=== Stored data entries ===
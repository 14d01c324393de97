//! Leases are taken, handed on and extended.

ghost use Rattle.std.specs.Prelude.{◌≡◌, ◌≢◌, ◌<◌, ◌∷◌, OnErr, OnOk, IfOk, [], false, length, true};
ghost use Rattle.journal.specs.declared.entries.JournalEntry.TheVariants as made;
ghost use Rattle.journal.specs.declared.events.Event.TheVariants as events;
ghost use Rattle.mr_base.specs.declared.ids.NodeId.{NodeId};
ghost use Rattle.range_replicas.specs.RangeValue.{IsChangedAt, scene_at, server_at};
ghost use Rattle.range_replicas.specs.Sound.{IsSound};
ghost use Rattle.range_server.specs.Leases.{HasAnswered, HasRefused};
ghost use Rattle.range_server.specs.Scene.{moment};
ghost use Rattle.run_laws.specs.OrderEvents.{IsFirstAt};
ghost use Rattle.run_laws.specs.RangeLines.{IsLeaseEventAt};
ghost use Rattle.run_words.specs.Clocks.{reading};
ghost use Rattle.run_words.specs.History.{History, Made};
ghost use Rattle.run_words.specs.Logs.{log_of};
ghost use Rattle.run_words.specs.Nodes.{is_running};
ghost use Rattle.run_words.specs.Steps.{event_of, has_entry};
ghost use Rattle.cluster_state.specs.LeaseMoves.{Gives, IsAskOf, IsAskAt, IsWhy, MovesLease, lease_event};
ghost use Rattle.cluster_state.specs.RangeAt.{range_at};
ghost use Rattle.cluster_state.specs.Tied.{HasMade, IsThere, IsTied, IsUnrecorded, past, the_setup};

use crate::hints::learn_leases;
use crate::state::State;
use journal::{JournalEntry, LeaseWhy};
use mr_base::{Memory, NodeId, NodeSet, RangeId, Reading, Settings};
use range_log::{Entry, Lease};
use range_replicas::{ReplicatedRange, majority_is_more_than_half};
use range_server::LeaseRefusal;

/// What is asked of the lease of a range.
#[derive(Clone, Copy)]
pub enum Ask {
    /// To take it, as it is expired.
    Acquire,
    /// To hand it on to a node, at its boot.
    Transfer { to: NodeId, boot: u32 },
    /// To extend it.
    Extend,
}

/// A server is asked so.
fn ask_lease(
    range: &mut ReplicatedRange,
    place: usize,
    ask: Ask,
    clock: Reading,
    settings: &Settings,
    running: NodeSet,
) -> Result<Lease, LeaseRefusal>
    requires place { place < length range.old.servers }
    requires sound { IsSound range.old }
    requires to { IsAskOf ask range.old }
    ensures answer { Gives ask (scene_at place range.old (moment clock settings.now running)) result range.new.log.entries }
    ensures node { OnOk result ((server_at place range.new).node ≡ (server_at place range.old).node) }
    ensures boot { OnOk result ((server_at place range.new).boot ≡ (server_at place range.old).boot) }
    ensures applied { OnOk result ((server_at place range.new).replica.applied ≡ length range.new.log.entries) }
    ensures refused { HasRefused result → server_at place range.new ≡ server_at place range.old }
    ensures changed { HasAnswered result → IsChangedAt place range.old range.new }
    ensures sound { HasAnswered result → IsSound range.new }
{
    match ask {
        Ask::Acquire => range.acquire(place, clock, settings, running),
        Ask::Transfer { to, boot } => range.transfer(place, to, boot, clock, settings, running),
        Ask::Extend => range.extend(place, clock, settings, running),
    }
}

/// Why a lease doesn't move, as the journal says it.
fn why_of(refusal: LeaseRefusal) -> Result<LeaseWhy, Memory>
    ensures { IfOk result (λ why. IsWhy refusal why) }
{
    match refusal {
        LeaseRefusal::Live { expiration } => Ok(LeaseWhy::Live { expiration }),
        LeaseRefusal::NotVoter => Ok(LeaseWhy::NotVoter),
        LeaseRefusal::NotHolder => Ok(LeaseWhy::NotHolder),
        LeaseRefusal::NoQuorum { down } => Ok(LeaseWhy::NoQuorum { down }),
        LeaseRefusal::Memory => Err(Memory),
    }
}

impl State {
    /// The server of a node's replica, at a place, is asked to take, hand on or extend the lease at the line that says
    /// so: the lease is appended, or it is said why not.
    fn move_lease(
        &mut self,
        number: RangeId,
        node: NodeId,
        place: usize,
        ask: Ask,
        clock: Reading,
    ) -> Result<(), Memory>
        requires tied { IsTied self.old }
        requires made { log_of (the_setup self.old) (past self.old) number ≢ [] }
        requires place { place < length (range_at number self.old).servers }
        requires node { (server_at place (range_at number self.old)).node ≡ node }
        requires running { is_running (the_setup self.old) (past self.old) node ≡ true }
        requires line { IsFirstAt (past self.old) (lease_event ask number node) }
        requires clock { clock ≡ reading (the_setup self.old) (past self.old) node }
        requires to { IsAskAt ask (the_setup self.old) (past self.old) }
        ensures made { OnOk result ((items : History) × MovesLease number items × HasMade items self.old self.new) }
        ensures err { OnErr result (IsUnrecorded self.old self.new) }
    {
        majority_is_more_than_half();
        self.ledger.reserve(2)?;
        let settings = self.stage.settings;
        let range = &mut self.ranges[(number.0 - 1) as usize];
        let applied = range.applied(place);
        match ask_lease(range, place, ask, clock, &settings, self.running) {
            Ok(lease) => {
                let index = range.log().len();
                learn_leases(self.hints.as_mut_slice(), node, range, applied, index);
                self.ledger.write(JournalEntry::Append {
                    range: number,
                    index,
                    entry: Entry::Lease(lease),
                });
                self.ledger.write(JournalEntry::Lease {
                    range: number,
                    seq: lease.seq,
                    holder: lease.holder,
                    expiration: lease.expiration,
                });
                Ok(())
            }
            Err(refusal) => {
                let why = why_of(refusal)?;
                self.ledger
                    .write(JournalEntry::LeaseRefused { range: number, why });
                Ok(())
            }
        }
    }
}

impl State {
    /// It is said why a lease doesn't move.
    fn refuse_lease(&mut self, number: RangeId, why: LeaseWhy) -> Result<(), Memory>
        requires tied { IsTied self.old }
        requires line { IsLeaseEventAt (event_of (past self.old)) number }
        requires first { has_entry (past self.old) ≡ false }
        ensures made { OnOk result (HasMade (Made (made.LeaseRefused number why) ∷ []) self.old self.new) }
        ensures err { OnErr result (IsUnrecorded self.old self.new) }
    {
        self.ledger.reserve(1)?;
        self.ledger
            .write(JournalEntry::LeaseRefused { range: number, why });
        Ok(())
    }

    /// A node that runs takes the lease of a range where that is expired, at the line that says so.
    pub fn acquire(&mut self, number: RangeId, node: NodeId) -> Result<(), Memory>
        requires tied { IsTied self.old }
        requires there { IsThere self.old.stage node }
        requires line { IsFirstAt (past self.old) (events.LeaseAcquire number node) }
        requires running { is_running (the_setup self.old) (past self.old) node ≡ true }
        requires made { log_of (the_setup self.old) (past self.old) number ≢ [] }
        ensures made { OnOk result ((items : History) × MovesLease number items × HasMade items self.old self.new) }
        ensures err { OnErr result (IsUnrecorded self.old self.new) }
    {
        let Some(place) = self.ranges[(number.0 - 1) as usize].place_of(node) else {
            return self.refuse_lease(number, LeaseWhy::NotVoter);
        };
        let clock = self.nodes[(node.0 - 1) as usize].clock.reading();
        self.move_lease(number, node, place, Ask::Acquire, clock)
    }

    /// The node that holds the lease of a range, where it runs, hands it on or extends it, at the line that says so.
    fn move_held(&mut self, number: RangeId, ask: Ask) -> Result<(), Memory>
        requires tied { IsTied self.old }
        requires line { (node : NodeId) → IsFirstAt (past self.old) (lease_event ask number node) }
        requires made { log_of (the_setup self.old) (past self.old) number ≢ [] }
        requires to { IsAskAt ask (the_setup self.old) (past self.old) }
        ensures made { OnOk result ((items : History) × MovesLease number items × HasMade items self.old self.new) }
        ensures err { OnErr result (IsUnrecorded self.old self.new) }
    {
        let range = &self.ranges[(number.0 - 1) as usize];
        let holder = range.log().lease().holder;
        let Some(place) = range.place_of(holder) else {
            return self.refuse_lease(number, LeaseWhy::NotHolder);
        };
        let node = &self.nodes[(holder.0 - 1) as usize];
        if !node.runs {
            return self.refuse_lease(number, LeaseWhy::NotHolder);
        }
        let clock = node.clock.reading();
        self.move_lease(number, holder, place, ask, clock)
    }

    /// The holder of the lease of a range hands it on to a node, at the line that says so.
    pub fn transfer(&mut self, number: RangeId, to: NodeId) -> Result<(), Memory>
        requires tied { IsTied self.old }
        requires there { IsThere self.old.stage to }
        requires line { IsFirstAt (past self.old) (events.LeaseTransfer number to) }
        requires made { log_of (the_setup self.old) (past self.old) number ≢ [] }
        ensures made { OnOk result ((items : History) × MovesLease number items × HasMade items self.old self.new) }
        ensures err { OnErr result (IsUnrecorded self.old self.new) }
    {
        let boot = self.nodes[(to.0 - 1) as usize].boot;
        self.move_held(number, Ask::Transfer { to, boot })
    }

    /// The holder of the lease of a range extends it, at the line that says so.
    pub fn extend(&mut self, number: RangeId) -> Result<(), Memory>
        requires tied { IsTied self.old }
        requires line { IsFirstAt (past self.old) (events.LeaseExtend number) }
        requires made { log_of (the_setup self.old) (past self.old) number ≢ [] }
        ensures made { OnOk result ((items : History) × MovesLease number items × HasMade items self.old self.new) }
        ensures err { OnErr result (IsUnrecorded self.old self.new) }
    {
        self.move_held(number, Ask::Extend)
    }
}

=== Try it ===
Look above for the line holding "To extend it.". Print it and every line after it, exactly, through the line holding "((server_at place range.new).node".

=== Answer to the exercise ===
    /// To extend it.
    Extend,
}

/// A server is asked so.
fn ask_lease(
    range: &mut ReplicatedRange,
    place: usize,
    ask: Ask,
    clock: Reading,
    settings: &Settings,
    running: NodeSet,
) -> Result<Lease, LeaseRefusal>
    requires place { place < length range.old.servers }
    requires sound { IsSound range.old }
    requires to { IsAskOf ask range.old }
    ensures answer { Gives ask (scene_at place range.old (moment clock settings.now running)) result range.new.log.entries }
    ensures node { OnOk result ((server_at place range.new).node ≡ (server_at place range.old).node) }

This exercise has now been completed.